Dutch Pavilion at the Hannover World Exhibition Expo 2000 (1997–2000)[edit]

The Dutch Pavilion is one of the buildings that helped the office to international recognition.[20] The 50m high structure does not have a facade, but consists of several floor levels stacked on top of each other. By taking the assigned floor area for the pavilion and stacking said space, MVRDV wanted to contribute to the dutch history of taking land from the sea and eventually giving it back by expanding vertically. Through dividing and stacking the floorspace, energy can be saved, existing nature can be preserved and there is more space for cultural manifestations.[14] As of July 2020 there are plans to revisit the project and convert it into an office building as well as adding student housing and parking to the structure.[21]

Hagen Island, Ypenburg, Netherlands (2000–2003)[edit]
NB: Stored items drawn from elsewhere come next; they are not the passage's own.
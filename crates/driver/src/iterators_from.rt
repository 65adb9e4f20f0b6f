//! Iterators that begin at the pair of a key.

use super::call::Call;
use std::fmt::Debug;

/// Makes a step for each letter, and appends what each gives, and maybe the hint of what is left.
/// Each step is within a window.
fn advance<T: Debug + Drop, I: Iterator<Item = T>>(
    items: &mut I,
    steps: &str,
    shows_hints: bool,
    call: &Call,
)
    requires { (items : I) → I.can_next items }
{
    for _letter in steps.bytes() {
        call.begin();
        call.show(&items.next());
        if shows_hints {
            call.show(&items.size_hint());
        }
    }
}

/// Iterates, clones the iterator, and iterates by the clone and then by the iterator itself.
pub fn advance_and_clone<T: Debug + Drop, I: Iterator<Item = T> + Clone + Drop>(
    items: I,
    first: &str,
    shows_hints: bool,
    call: &Call,
)
    requires { (items : I) → I.can_next items }
{
    let mut items = items;
    advance(&mut items, first, shows_hints, call);
    let steps = call.word();
    call.begin();
    match items.clone() {
        Ok(mut copy) => {
            advance(&mut copy, steps, shows_hints, call);
            call.drop_within(copy);
        }
        Err(refused) => call.show_refused(refused),
    }
    call.push_str("/ ");
    advance(&mut items, steps, shows_hints, call);
    call.drop_within(items);
}

/// Does so with the iterator of a call, if its key was present.
pub fn advance_if_present<T: Debug + Drop, I: Iterator<Item = T> + Clone + Drop>(
    found: Option<I>,
    call: &Call,
)
    requires { (items : I) → I.can_next items }
{
    call.end();
    match found {
        Some(items) => advance_and_clone(items, call.word(), true, call),
        None => call.push_str("absent "),
    }
}
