//! `replay` of a cache: commands that are read first and run by one call.

use super::caches::Cache;
use super::call::Call;
use super::key::Key;
use super::value::Value;
use lru_cache::replay::{Answer, replay};

/// A command of the words of a line.
type Command = lru_cache::replay::Command<Key, Value>;

/// Reads the next command, which is none if its name is not known.
fn next_command(call: &Call) -> Option<Command> {
    match call.word() {
        "insert" => Some(Command::Insert(call.key(), call.value())),
        "get" => Some(Command::Get(call.key())),
        "remove" => Some(Command::Remove(call.key())),
        "removelru" => Some(Command::RemoveLru),
        "setcapacity" => Some(Command::SetCapacity(call.size())),
        "clear" => Some(Command::Clear),
        _ => None,
    }
}

/// Reads all commands of a line.
fn commands(call: &Call) -> Vec<Command> {
    let mut commands = Vec::new(call.alloc);
    for _ in 0..call.words_left() {
        if let Some(command) = next_command(call) {
            call.note(commands.push(command));
        }
    }
    commands
}

/// Appends how long the list of answers is, and each of them.
fn show_answers(answers: Vec<Answer<Key, Value>>, call: &Call) {
    call.show_size(answers.len(), answers.capacity());
    for answer in answers {
        call.show(&answer);
    }
}

/// Runs the commands of a line.
pub fn replay_all(cache: &mut Cache, call: &Call) {
    call.end();
    let commands = commands(call);
    call.begin();
    let returned = replay(cache, commands);
    call.end();
    match returned {
        Ok(answers) => show_answers(answers, call),
        Err(_commands) => call.push_str("refused "),
    }
}
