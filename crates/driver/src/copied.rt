//! Keys that are `Copy`, and extensions by references to them.
ghost use Rattle.std.specs.Prelude.{◌==◌};
ghost use Rattle.std.specs.Cmp.{partial_order_from_own_ties};
ghost use Rattle.std.specs.Cmp.Rules.{comparing, hashing};
ghost use Rattle.std.specs.Hash as fed;
ghost use Rattle.std.specs.Ordering.{on, nat_cmp, as_partial_cmp};
ghost use Rattle.std.proofs.Common.{rules};

use super::Map;
use super::call::Call;
use super::counts::Effect;
use super::hasher::BuildKeyHasher;
use super::identity::Identity;
use super::key::write_text;
use linked_hash_map::LinkedHashMap;
use std::cmp::Ordering;
use std::fmt;
use std::hash::{Hash, Hasher};

/// A text that is compared and hashed by a number. Its drop is not counted.
#[derive(Clone, Copy)]
pub struct CopiedKey<'k> {
    text: [u8; 8],
    number: u64,
    identity: &'k Identity,
}

impl<'k> CopiedKey<'k> {
    /// Makes a key of a text and its number.
    pub fn new(text: [u8; 8], number: u64, identity: &'k Identity) -> CopiedKey<'k> {
        CopiedKey {
            text,
            number,
            identity,
        }
    }
}

impl<'k> PartialEq for CopiedKey<'k> {
    ghost eq = { on (λ key. key.number) ◌==◌ };

    ghost laws = { Prim.search (comparing, rules) };

    fn eq(&self, other: &CopiedKey<'k>) -> bool {
        self.identity.count(Effect::EqKey);
        self.number == other.number
    }
}

impl<'k> Eq for CopiedKey<'k> {
    ghost laws = { Prim.search (comparing, rules) };
}

impl<'k> Ord for CopiedKey<'k> {
    ghost cmp = { on (λ key. key.number) nat_cmp };

    ghost total = { Prim.search (comparing, rules) };

    ghost matches_partial_cmp = { Prim.search (comparing, rules) };

    ghost matches_eq = { Prim.search (comparing, rules) };

    fn cmp(&self, other: &CopiedKey<'k>) -> Ordering {
        self.identity.count(Effect::CmpKey);
        self.number.cmp(&other.number)
    }
}

impl<'k> PartialOrd for CopiedKey<'k> {
    ghost partial_cmp = { as_partial_cmp (on (λ key. key.number) nat_cmp) };

    ghost laws = { partial_order_from_own_ties (Prim.search (comparing, rules))
        (Prim.search (comparing, rules)) };

    fn partial_cmp(&self, other: &CopiedKey<'k>) -> Option<Ordering> {
        Some(self.cmp(other))
    }
}

impl<'k> Hash for CopiedKey<'k> {
    ghost hash_input = { λ key. fed.u64 key.number };

    ghost respects_eq = { Prim.search (hashing, rules) };

    fn hash<H: Hasher>(&self, state: &mut H) {
        self.identity.count(Effect::HashKey);
        state.write_u64(self.number);
    }
}

/// The text alone.
impl<'k> fmt::Debug for CopiedKey<'k> {
    fn fmt<W: fmt::Write>(&self, f: &mut fmt::Formatter<W>) -> fmt::Result {
        write_text(self.text, f)
    }
}

/// A map of keys and values that are `Copy`.
type Copied<'k> = LinkedHashMap<CopiedKey<'k>, u64, BuildKeyHasher>;

/// Makes a map of the same pairs, with a copy of the hasher.
fn copied<'k>(call: &Call, map: &'k Map) -> Copied<'k> {
    let mut made = Copied::with_hasher(call.alloc, map.hasher().copy());
    for (key, value) in map.iter() {
        call.note(made.insert(key.copied(), value.number()));
    }
    made
}

/// Extends a copy of a map by references to the pairs of a copy of another, by the trait or by the
/// map's own call, and appends it.
pub fn extend_by_refs<'k>(by_trait: bool, call: &Call, map: &'k Map, other: &'k Map) {
    call.end();
    let mut map = copied(call, map);
    let other = copied(call, other);
    call.begin();
    let is_given = if by_trait {
        call.is_given(<Copied<'k> as Extend<(&CopiedKey<'k>, &u64)>>::extend(
            &mut map,
            other.iter(),
        ))
    } else {
        call.is_given(map.extend_refs(other.iter()))
    };
    if !is_given {
        call.push_str("refused ");
    }
    call.show(&map);
}
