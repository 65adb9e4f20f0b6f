//! Calls of a cache.

use super::call::Call;
use super::hasher::BuildKeyHasher;
use super::iterators::{iterate_and_clone, iterate_and_write, iterate_to_the_end};
use super::key::Key;
use super::list::list;
use super::lookups::write_lent;
use super::retaining::{Calls, keep_and_increase};
use super::value::Value;
use super::{cache_fills, cache_replays};
use lru_cache::LruCache;

/// The caches that the lines speak of.
pub type Cache = LruCache<Key, Value, BuildKeyHasher>;

/// Makes a cache of one pair with the default hasher, inserts two pairs, and appends its text.
fn show_new(call: &Call) {
    let mut cache = LruCache::new(call.alloc, 1);
    let number = call.number();
    call.show_refusal(cache.insert(0, 0));
    call.show_refusal(cache.insert(number, 1));
    call.show(&cache);
}

/// Appends the pair that a put sent away, if one went, or what it handed back.
fn put(cache: &mut Cache, call: &Call) {
    match cache.put(call.key(), call.value()) {
        Ok(Some((key, value))) => call.show_gone_pair(&key, &value),
        Ok(None) => call.push_str("None "),
        Err(refused) => call.show_refused(refused),
    }
}

/// Keeps the pairs whose values are not a number modulo 7, and adds the number of the call to each.
fn retain(cache: &mut Cache, call: &Call) {
    let number = call.number();
    let guard = call.guard();
    let calls = Calls::new(call.counts());
    let noted = &calls;
    cache.retain(move |_key, value| {
        guard.hold();
        keep_and_increase(value, number, noted.note())
    });
    calls.show(call);
}

/// Adds a number to every value in place, in a loop over the cache.
fn add(cache: &mut Cache, number: u64) {
    for (_key, value) in cache {
        value.increase(number);
    }
}

/// Appends every pair, in a loop over the cache. Each step is within a window.
fn show_all(cache: &Cache, call: &Call) {
    for (key, value) in cache {
        call.show_pair(key, value);
        call.begin();
    }
}

/// Iterates over a clone that is taken.
fn into_iter(cache: &Cache, call: &Call) {
    match cache.clone() {
        Ok(copy) => iterate_to_the_end(copy.into_iter(), call),
        Err(refused) => call.show_refused(refused),
    }
}

/// Runs the call of a line that only reads a cache, and returns whether there is one.
fn read(call: &Call, cache: &Cache) -> bool {
    match call.name() {
        "peek" => call.show(&cache.peek(&call.key())),
        "peek_lru" => call.show_lent_pair(cache.peek_lru()),
        "peek_mru" => call.show_lent_pair(cache.peek_mru()),
        "len" => call.show_two(&cache.len(), &cache.is_empty()),
        "debug" => call.show_within(cache),
        "room" => call.show(&cache.room()),
        "iter" => iterate_and_clone(cache.iter(), call),
        "into_iter" => into_iter(cache, call),
        "loop" => show_all(cache, call),
        _ => return false,
    }
    true
}

/// Runs the call of a line by one pair, and returns whether there is one.
fn run_by_key(call: &Call, cache: &mut Cache) -> bool {
    match call.name() {
        "insert" => call.show_result(cache.insert(call.key(), call.value())),
        "put" => put(cache, call),
        "get_mut" => write_lent(cache.get_mut(&call.key()), call.value(), call),
        "peek_mut" => write_lent(cache.peek_mut(&call.key()), call.value(), call),
        "get" => call.show(&cache.get(&call.key())),
        "contains_key" => call.show(&cache.contains_key(&call.key())),
        "remove" => call.show(&cache.remove(&call.key())),
        "remove_entry" => call.show(&cache.remove_entry(&call.key())),
        "remove_lru" => call.show(&cache.remove_lru()),
        _ => return false,
    }
    true
}

/// Runs the call of a line on a whole cache, and returns whether there is one.
fn run_on_whole(call: &Call, cache: &mut Cache, other: &Cache) -> bool {
    match call.name() {
        "set_capacity" => cache.set_capacity(call.size()),
        "clear" => cache.clear(),
        "retain" => retain(cache, call),
        "reserve" => call.show_refusal(cache.reserve(call.size())),
        "iter_mut" => iterate_and_write(cache.iter_mut(), call),
        "drain" => iterate_to_the_end(cache.drain(), call),
        "loop_mut" => add(cache, call.number()),
        "new" => show_new(call),
        "with_hasher" => {
            let (hasher, limit) = (call.hasher(), call.size());
            call.replace(cache, Cache::with_hasher(call.alloc, limit, hasher));
        }
        "clone" => call.store(cache, other.clone()),
        "extend" => call.show_refusal(cache.extend(call.pairs())),
        "replay" => cache_replays::replay_all(cache, call),
        "fill" => cache_fills::fill(cache, call),
        "drop" => {
            let empty = Cache::with_hasher(call.alloc, 0, BuildKeyHasher::default());
            call.drop_and_replace(cache, empty);
        }
        _ => return false,
    }
    true
}

/// Runs the call of a line, appends what it returns, the limit and the list, and returns whether
/// there is such a call.
pub fn run(call: &Call, cache: &mut Cache, other: &Cache) -> bool {
    let is_known = read(call, cache) || run_by_key(call, cache) || run_on_whole(call, cache, other);
    if is_known {
        call.push_str("| ");
        call.show(&cache.capacity());
        call.push_str("|");
        list(cache.len(), cache.iter(), call);
    }
    is_known
}
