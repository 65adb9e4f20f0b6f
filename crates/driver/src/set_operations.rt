//! Calls of two sets.
ghost use Rattle.std.specs.Iterator.{IsFinite};

use super::call::Call;
use super::comparisons::show_equal;
use super::hasher::BuildKeyHasher;
use super::iterators_from::advance_and_clone;
use super::sets::Set;
use std::fmt::Debug;
use std::hash::BuildHasher;

/// Appends all items, or makes the steps of the words, if there are any.
fn iterate<T: Debug + Drop, I: Iterator<Item = T> + Clone + Drop>(items: I, call: &Call)
    requires can { (items : I) → I.can_next items }
    requires ends { IsFinite (I.remaining items) }
{
    let first = call.word();
    if first.is_empty() {
        call.show_all(items);
    } else {
        advance_and_clone(items, first, false, call);
    }
}

/// Runs the call of a line, and returns whether there is one.
pub fn run(call: &Call, set: &Set, other: &Set) -> bool {
    match call.name() {
        "difference" => iterate(set.difference(other), call),
        "symmetric_difference" => iterate(set.symmetric_difference(other), call),
        "intersection" => iterate(set.intersection(other), call),
        "union" => iterate(set.union(other), call),
        "is_subset" => call.show(&set.is_subset(other)),
        "is_superset" => call.show(&set.is_superset(other)),
        "is_disjoint" => call.show(&set.is_disjoint(other)),
        "eq" => show_equal(set, other, call),
        "hash" => call.show(&BuildKeyHasher::default().hash_one(set)),
        _ => return false,
    }
    true
}
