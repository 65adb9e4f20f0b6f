//! Calls that move pairs, or set the mode.

use super::Map;
use super::call::Call;
use linked_hash_map::Mode;

/// Moves pairs from the front to the back, if there are so many.
fn rotate_left(map: &mut Map, count: usize, call: &Call) {
    if count <= map.len() {
        map.rotate_left(count);
    } else {
        call.push_str("too many ");
    }
}

/// Returns the mode of this name, `Touch` for any that is not known.
pub fn mode_named(name: &str) -> Mode {
    if name == "keep" {
        Mode::Keep
    } else {
        Mode::Touch
    }
}

/// Runs the call of a line, and returns whether there is one.
pub fn run(call: &Call, map: &mut Map) -> bool {
    match call.name() {
        "move_to_back" => call.show(&map.move_to_back(&call.key())),
        "move_to_front" => call.show(&map.move_to_front(&call.key())),
        "move_before" => call.show(&map.move_before(&call.key(), &call.key())),
        "move_after" => call.show(&map.move_after(&call.key(), &call.key())),
        "rotate_left" => rotate_left(map, call.size(), call),
        "set_mode" => map.set_mode(mode_named(call.word())),
        _ => return false,
    }
    true
}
The Hagen Island is a part of the bigger residential housing project "Ypenburg" in Ypenburg, outside the borders of Den Haag. Being a "randstad", the city of Ypenburg consists of monocultural suburban structures.[20] The whole area consists of 37 different "macroblocks".[22] Hagen Island is a pedestrian island with only one motorized street circling the island. The plots are divided into four rows of houses, that are broken up from linearity. This generates a series of exterior spaces that differ in appearance and use.[20] The whole area is connected through small paths that access the houses as well as two communal spaces in the middle of the island.[20] The 119 units are designed very simply in six different facade types and do not have a cellar, which is a result of the tight budget, as well as giving the future inhabitants space to reinterpret their homes.[22] The houses are intentionally built void of detail to reduce cost and also strengthen the archetypical appearance. With this design, the office did not want architecture to be the main focus, but the spaces in between that define the neighbourhood.The whole project was also an answer to the ideal approach of homeowning and planned out to be almost a caricature of said ideal.[20]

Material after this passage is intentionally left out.